Scan the records below for the line containing "repository 8af19a7612c0b105" and the line containing "λ s. s.halls.items". Copy both, plus every line between, exactly.
- Opening Delimiter -
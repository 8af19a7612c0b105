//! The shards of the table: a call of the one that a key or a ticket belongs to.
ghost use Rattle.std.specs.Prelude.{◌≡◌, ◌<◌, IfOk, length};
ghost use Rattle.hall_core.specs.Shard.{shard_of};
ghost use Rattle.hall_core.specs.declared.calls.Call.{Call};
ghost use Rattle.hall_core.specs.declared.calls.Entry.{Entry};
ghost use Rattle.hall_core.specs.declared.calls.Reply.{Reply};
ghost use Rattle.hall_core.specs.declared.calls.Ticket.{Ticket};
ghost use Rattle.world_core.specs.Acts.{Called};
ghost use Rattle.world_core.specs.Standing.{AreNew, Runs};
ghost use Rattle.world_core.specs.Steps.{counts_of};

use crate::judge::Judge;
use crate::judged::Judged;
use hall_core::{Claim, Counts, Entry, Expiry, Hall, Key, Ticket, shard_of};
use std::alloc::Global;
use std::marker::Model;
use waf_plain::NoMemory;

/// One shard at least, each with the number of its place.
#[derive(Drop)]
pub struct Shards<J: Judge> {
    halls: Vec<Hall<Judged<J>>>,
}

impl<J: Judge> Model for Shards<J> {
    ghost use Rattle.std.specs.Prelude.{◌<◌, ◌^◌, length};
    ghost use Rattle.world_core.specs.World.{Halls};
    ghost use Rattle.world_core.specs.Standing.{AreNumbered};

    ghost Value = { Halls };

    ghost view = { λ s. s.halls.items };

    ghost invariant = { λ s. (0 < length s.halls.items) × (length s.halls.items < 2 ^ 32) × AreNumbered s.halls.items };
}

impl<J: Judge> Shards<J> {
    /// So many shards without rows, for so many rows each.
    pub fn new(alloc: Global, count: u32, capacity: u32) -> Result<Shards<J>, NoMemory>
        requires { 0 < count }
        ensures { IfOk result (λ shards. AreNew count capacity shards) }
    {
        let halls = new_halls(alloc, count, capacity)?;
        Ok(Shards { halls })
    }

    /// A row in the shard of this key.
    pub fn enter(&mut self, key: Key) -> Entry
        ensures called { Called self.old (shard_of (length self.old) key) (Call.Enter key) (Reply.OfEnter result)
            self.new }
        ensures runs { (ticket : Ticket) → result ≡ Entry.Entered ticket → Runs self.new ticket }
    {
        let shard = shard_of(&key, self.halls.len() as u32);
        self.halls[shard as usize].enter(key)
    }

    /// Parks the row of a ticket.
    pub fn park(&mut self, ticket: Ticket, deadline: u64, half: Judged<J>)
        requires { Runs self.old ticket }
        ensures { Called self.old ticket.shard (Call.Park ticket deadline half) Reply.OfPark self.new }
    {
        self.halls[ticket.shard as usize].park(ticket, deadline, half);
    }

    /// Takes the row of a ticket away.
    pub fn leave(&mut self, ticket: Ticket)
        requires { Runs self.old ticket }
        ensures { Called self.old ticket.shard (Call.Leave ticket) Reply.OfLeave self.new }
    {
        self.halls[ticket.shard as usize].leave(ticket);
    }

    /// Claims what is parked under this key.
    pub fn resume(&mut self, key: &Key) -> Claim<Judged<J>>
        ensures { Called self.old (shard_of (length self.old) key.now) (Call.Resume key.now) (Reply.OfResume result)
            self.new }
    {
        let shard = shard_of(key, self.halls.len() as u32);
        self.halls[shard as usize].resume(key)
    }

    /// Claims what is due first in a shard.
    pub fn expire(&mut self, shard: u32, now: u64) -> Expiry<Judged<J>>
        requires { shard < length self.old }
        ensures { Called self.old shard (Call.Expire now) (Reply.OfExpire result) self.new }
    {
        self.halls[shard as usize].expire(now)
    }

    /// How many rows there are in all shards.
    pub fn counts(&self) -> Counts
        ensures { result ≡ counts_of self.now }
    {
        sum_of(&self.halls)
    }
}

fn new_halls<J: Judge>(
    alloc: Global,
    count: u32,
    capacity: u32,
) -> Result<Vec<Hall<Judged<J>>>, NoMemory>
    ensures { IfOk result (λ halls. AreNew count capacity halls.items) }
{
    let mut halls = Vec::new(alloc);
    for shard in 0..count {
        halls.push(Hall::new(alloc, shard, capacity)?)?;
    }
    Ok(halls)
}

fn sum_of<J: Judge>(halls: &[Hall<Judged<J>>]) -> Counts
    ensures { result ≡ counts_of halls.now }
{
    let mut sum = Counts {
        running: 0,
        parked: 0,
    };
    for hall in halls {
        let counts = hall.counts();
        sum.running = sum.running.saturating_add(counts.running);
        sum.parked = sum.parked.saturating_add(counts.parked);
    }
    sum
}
- Closing Delimiter -
- Opening Delimiter -
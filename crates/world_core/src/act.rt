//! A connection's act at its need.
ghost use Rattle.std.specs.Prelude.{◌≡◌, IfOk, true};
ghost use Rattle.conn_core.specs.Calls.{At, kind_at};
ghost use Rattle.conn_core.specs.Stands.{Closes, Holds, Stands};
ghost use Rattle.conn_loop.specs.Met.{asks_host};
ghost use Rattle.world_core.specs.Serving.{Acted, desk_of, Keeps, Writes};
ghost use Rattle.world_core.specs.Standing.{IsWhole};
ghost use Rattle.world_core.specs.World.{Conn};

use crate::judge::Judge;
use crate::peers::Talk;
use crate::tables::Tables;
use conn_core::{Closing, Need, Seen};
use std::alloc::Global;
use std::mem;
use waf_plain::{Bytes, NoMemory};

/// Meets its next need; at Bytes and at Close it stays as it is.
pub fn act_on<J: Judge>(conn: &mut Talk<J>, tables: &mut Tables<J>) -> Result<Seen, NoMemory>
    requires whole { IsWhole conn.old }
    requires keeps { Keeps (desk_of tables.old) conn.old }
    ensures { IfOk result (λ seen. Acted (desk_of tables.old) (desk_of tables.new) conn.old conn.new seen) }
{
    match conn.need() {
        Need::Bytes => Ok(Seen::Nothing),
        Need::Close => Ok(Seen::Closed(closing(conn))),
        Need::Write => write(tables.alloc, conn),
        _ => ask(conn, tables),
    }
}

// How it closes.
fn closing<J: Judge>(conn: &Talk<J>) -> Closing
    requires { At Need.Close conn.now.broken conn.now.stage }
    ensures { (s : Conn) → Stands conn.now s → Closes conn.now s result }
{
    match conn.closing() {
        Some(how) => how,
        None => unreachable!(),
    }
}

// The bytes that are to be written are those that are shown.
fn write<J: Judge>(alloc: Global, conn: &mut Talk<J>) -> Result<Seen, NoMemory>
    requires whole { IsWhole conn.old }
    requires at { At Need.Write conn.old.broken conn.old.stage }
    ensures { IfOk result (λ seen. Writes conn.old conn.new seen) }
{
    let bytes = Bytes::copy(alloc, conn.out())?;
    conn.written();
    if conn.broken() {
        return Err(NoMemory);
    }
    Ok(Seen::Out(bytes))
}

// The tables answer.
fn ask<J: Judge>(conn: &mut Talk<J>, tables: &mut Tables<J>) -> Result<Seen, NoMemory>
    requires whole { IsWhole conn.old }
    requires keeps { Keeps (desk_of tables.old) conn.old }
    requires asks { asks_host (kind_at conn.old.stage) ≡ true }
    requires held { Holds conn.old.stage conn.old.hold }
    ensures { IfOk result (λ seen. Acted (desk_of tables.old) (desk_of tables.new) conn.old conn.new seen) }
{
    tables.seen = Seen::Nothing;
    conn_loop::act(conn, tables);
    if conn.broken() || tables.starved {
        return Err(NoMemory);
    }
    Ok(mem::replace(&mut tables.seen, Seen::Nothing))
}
- Closing Delimiter -
**Exercise response:**
repository 8af19a7612c0b105
//! The shards of the table: a call of the one that a key or a ticket belongs to.
ghost use Rattle.std.specs.Prelude.{◌≡◌, ◌<◌, IfOk, length};
ghost use Rattle.hall_core.specs.Shard.{shard_of};
ghost use Rattle.hall_core.specs.declared.calls.Call.{Call};
ghost use Rattle.hall_core.specs.declared.calls.Entry.{Entry};
ghost use Rattle.hall_core.specs.declared.calls.Reply.{Reply};
ghost use Rattle.hall_core.specs.declared.calls.Ticket.{Ticket};
ghost use Rattle.world_core.specs.Acts.{Called};
ghost use Rattle.world_core.specs.Standing.{AreNew, Runs};
ghost use Rattle.world_core.specs.Steps.{counts_of};

use crate::judge::Judge;
use crate::judged::Judged;
use hall_core::{Claim, Counts, Entry, Expiry, Hall, Key, Ticket, shard_of};
use std::alloc::Global;
use std::marker::Model;
use waf_plain::NoMemory;

/// One shard at least, each with the number of its place.
#[derive(Drop)]
pub struct Shards<J: Judge> {
    halls: Vec<Hall<Judged<J>>>,
}

impl<J: Judge> Model for Shards<J> {
    ghost use Rattle.std.specs.Prelude.{◌<◌, ◌^◌, length};
    ghost use Rattle.world_core.specs.World.{Halls};
    ghost use Rattle.world_core.specs.Standing.{AreNumbered};

    ghost Value = { Halls };

    ghost view = { λ s. s.halls.items };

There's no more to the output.